[Items from a dataset]

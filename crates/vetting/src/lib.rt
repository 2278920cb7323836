// A list of rows vetted against the entries that the numbers of a net mean: each row's figures first (rows.rt), then
// block after block of lines, two first nodes to a line (blocks.rt): which pairs of the block the rows name
// (repeats.rt, over lines.rt and bits.rt), and which that belong none does (lacks.rt). So the set of bits is for one
// block's pairs, not for all. What a pair's figures are is asked of the numbers (pairs.rt).
#![tactic(auto)]

mod bits;
mod blocks;
mod lacks;
mod lines;
mod pairs;
mod repeats;
mod rows;

ghost use Rattle.vetting.specs.Vets.{Vets};
ghost use Rattle.vetting.specs.work.Meant.{Meant};
ghost use Rattle.vetting.specs.work.Screened.{RowsAsked};

use crate::blocks::screen;
use crate::pairs::Pairs;
use crate::rows::first_foreign;
use limits::Limit;
use pages::Sums;
use tree::Refusal;

// Yes, the first row at fault, or the first pair missing.
#[derive(Clone, Copy)]
pub enum Verdict {
    Yes,
    Fault { row: usize },
    Missing { low: u16, high: u16 },
}

// What vet gives.
pub type Vetted = Result<Verdict, Refusal>;

// Between crates: the verdict on a list of m rows. The nodes have their spots in spot; by spot, above has the parent's
// spot, far and heavy the distance and the lifted weight from node 0. The three arrays lent are for tables.
// The promise speaks of each array lent by itself (`Meant`, `RowsAsked`), so they are parameters here, and one struct,
// Pairs, from here on.
pub fn vet_rows(
    list: &[u8],
    m: usize,
    spot: &[u16; 4096],
    above: &[u16; 4096],
    far: &[u64; 4096],
    heavy: &[u64; 4096],
    n: usize,
    limit: Limit,
    sums: Sums,
    tail: &mut [u16; 4096],
    front: &mut [u16; 4096],
    gap: &mut [u16; 4096],
) -> Verdict
    requires { RowsAsked list.now m n spot.now above.now far.now heavy.now limit }
    ensures { Vets
        (Meant spot.now above.now far.now heavy.now n limit sums)
        list.now m result }
{
    figures::tables(above, tail, front, gap);
    let pairs = Pairs {
        spot,
        above,
        tail,
        front,
        gap,
        far,
        heavy,
        n,
        limit,
        sums,
    };
    let row = first_foreign(list, m, &pairs);
    screen(list, m, row, &pairs)
}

:: DIRECTIONS FOR THIS TASK ::
After reading the records above, say how many lines hold the string "Meant", using only a number.

:: ANSWER TO THIS TASK ::
3